Task to complete:
In the reply, include exactly the lines of the entries below from the first to the line with "use macho_fields::Rule;", that line included.
(Beginning of Material for this task)
//! Why a file is refused: what is at the place of the verdict, and which parts and numbers conflict there.

ghost use Rattle.std.specs.Prelude.{◌≡◌};
ghost use Rattle.macho_c.specs.Explained.{IsAnswer, IsExplanationIn, explanation_in_c, index_in_c, part_in_c, part_number, some_part_in_c};

use crate::status::answer;
use crate::verdict::KesvuotVerdict;
use macho_explain::explanation::{Explanation, explain};
use macho_explain::part::{Part, PartKind};
use macho_fields::Rule;

/// A part of a file. (`struct kesvuot_part`)
#[repr(C)]
#[derive(Clone, Copy)]
pub struct KesvuotPart {
    /// Where it begins in the file; of memory an address, and of a group of symbols an index.
    pub start: u64,
    pub size: u64,
    /// Where the structure begins in the file that describes it.
    pub described: u64,
    /// Its kind: a number of `part_number`, or 0 of no part.
    pub kind: u32,
    /// Which one it is of its kind, or `NO_INDEX`.
    pub index: u32,
}

/// Why a file is refused. (`struct kesvuot_explanation`)
#[repr(C)]
#[derive(Clone, Copy)]
pub struct KesvuotExplanation {
    /// The structure that has the place, or the byte there.
    pub at: KesvuotPart,
    /// What breaks the rule, and with what it conflicts.
    pub first: KesvuotPart,
    pub second: KesvuotPart,
    /// The numbers that the rule compares.
    pub value: u64,
    pub limit: u64,
    /// The index of the slice, and of the command, the section and the symbol whose structure has the
    /// place, each or `NO_INDEX`.
    pub slice: u32,
    pub command: u32,
    pub section: u32,
    pub symbol: u32,
}

/// The index of nothing.
const NO_INDEX: u32 = u32::MAX;

/// No part.
const NO_PART: KesvuotPart = KesvuotPart {
    start: 0,
    size: 0,
    described: 0,
    kind: 0,
    index: NO_INDEX,
};

/// Nothing is explained.
const NOTHING: KesvuotExplanation = KesvuotExplanation {
    at: NO_PART,
    first: NO_PART,
    second: NO_PART,
    value: 0,
    limit: 0,
    slice: NO_INDEX,
    command: NO_INDEX,
    section: NO_INDEX,
    symbol: NO_INDEX,
};

/// Explains a refusal, by the rule and the place of the verdict on the file. The status is `OK`, or `NONE`
/// if no rule has the number, or nothing is at the place that the rule is about.
#[unsafe(no_mangle)]
pub extern "C" fn kesvuot_explain(
    file: &[u8],
    verdict: &KesvuotVerdict,
    explanation: &mut KesvuotExplanation,
) -> u32
    ensures { IsAnswer file.now verdict.now.rule verdict.now.place result explanation.new }
{
    answer(explained(file, verdict), NOTHING, explanation)
}

// What explains the verdict.
fn explained(file: &[u8], verdict: &KesvuotVerdict) -> Option<KesvuotExplanation>
    ensures { IsExplanationIn file.now verdict.now.rule verdict.now.place result }
{
    let rule = Rule::with_number(verdict.rule)?;
    let found = explain(file, rule, verdict.place)?;
    Some(KesvuotExplanation::of(&found))
}

impl KesvuotExplanation {
    // The explanation as C reads it.
    fn of(found: &Explanation) -> KesvuotExplanation
        ensures { result ≡ explanation_in_c found.now }
    {
        let (at, conflict) = (found.at, found.conflict);
        KesvuotExplanation {
            at: KesvuotPart::of(at.part),
            first: KesvuotPart::of_some(conflict.first),
            second: KesvuotPart::of_some(conflict.second),
            value: conflict.value,
            limit: conflict.limit,
            slice: index_or_none(at.slice),
            command: index_or_none(at.command),
            section: index_or_none(at.section),
            symbol: index_or_none(at.symbol),
        }
    }
}

impl KesvuotPart {
    // The part as C reads it.
    fn of(part: Part) -> KesvuotPart
        ensures { result ≡ part_in_c part }
    {
        KesvuotPart {
            start: part.start,
            size: part.size,
            described: part.described,
            kind: number_of(part.kind),
            index: index_or_none(part.index),
        }
    }

    // The part, or none.
    fn of_some(part: Option<Part>) -> KesvuotPart
        ensures { result ≡ some_part_in_c part }
    {
        match part {
            Some(part) => KesvuotPart::of(part),
            None => NO_PART,
        }
    }
}

// The index, or `NO_INDEX`.
fn index_or_none(index: Option<u32>) -> u32
    ensures { result ≡ index_in_c index }
{
    match index {
        Some(index) => index,
        None => NO_INDEX,
    }
}

// The number of what a part is. (`kesvuot.h`: `KESVUOT_PART_`)
fn number_of(kind: PartKind) -> u32
    ensures { result ≡ part_number kind }
{
    match kind {
        PartKind::File => 1,
        PartKind::Magic => 2,
        PartKind::FatHeader => 3,
        PartKind::FatTable => 4,
        PartKind::FatArch => 5,
        PartKind::Slice => 6,
        PartKind::Header => 7,
        PartKind::Headers => 8,
        PartKind::Command => 9,
        PartKind::Segment => 10,
        PartKind::SegmentMemory => 11,
        PartKind::Section => 12,
        PartKind::SectionBytes => 13,
        PartKind::SectionMemory => 14,
        PartKind::Relocations => 15,
        PartKind::Table => 16,
        PartKind::Group => 17,
        PartKind::Name => 18,
        PartKind::Symbol => 19,
        PartKind::Indirect => 20,
        PartKind::Opcode => 21,
        PartKind::Byte => 22,
        PartKind::ChainHeader => 23,
        PartKind::ChainArray => 24,
        PartKind::ChainEntry => 25,
        PartKind::ChainStarts => 26,
        PartKind::ChainImport => 27,
        PartKind::PageStart => 28,
        PartKind::ChainPointer => 29,
        PartKind::FunctionStart => 30,
        PartKind::DataInCodeEntry => 31,
        PartKind::DataInCode => 32,
        PartKind::ExportNode => 33,
        PartKind::SignatureEntry => 34,
        PartKind::SignatureBlob => 35,
        PartKind::Relocation => 36,
        PartKind::CodePage => 37,
        PartKind::CodeHash => 38,
    }
}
(End of Material for this task)
Response for this exercise:
//! Why a file is refused: what is at the place of the verdict, and which parts and numbers conflict there.

ghost use Rattle.std.specs.Prelude.{◌≡◌};
ghost use Rattle.macho_c.specs.Explained.{IsAnswer, IsExplanationIn, explanation_in_c, index_in_c, part_in_c, part_number, some_part_in_c};

use crate::status::answer;
use crate::verdict::KesvuotVerdict;
use macho_explain::explanation::{Explanation, explain};
use macho_explain::part::{Part, PartKind};
use macho_fields::Rule;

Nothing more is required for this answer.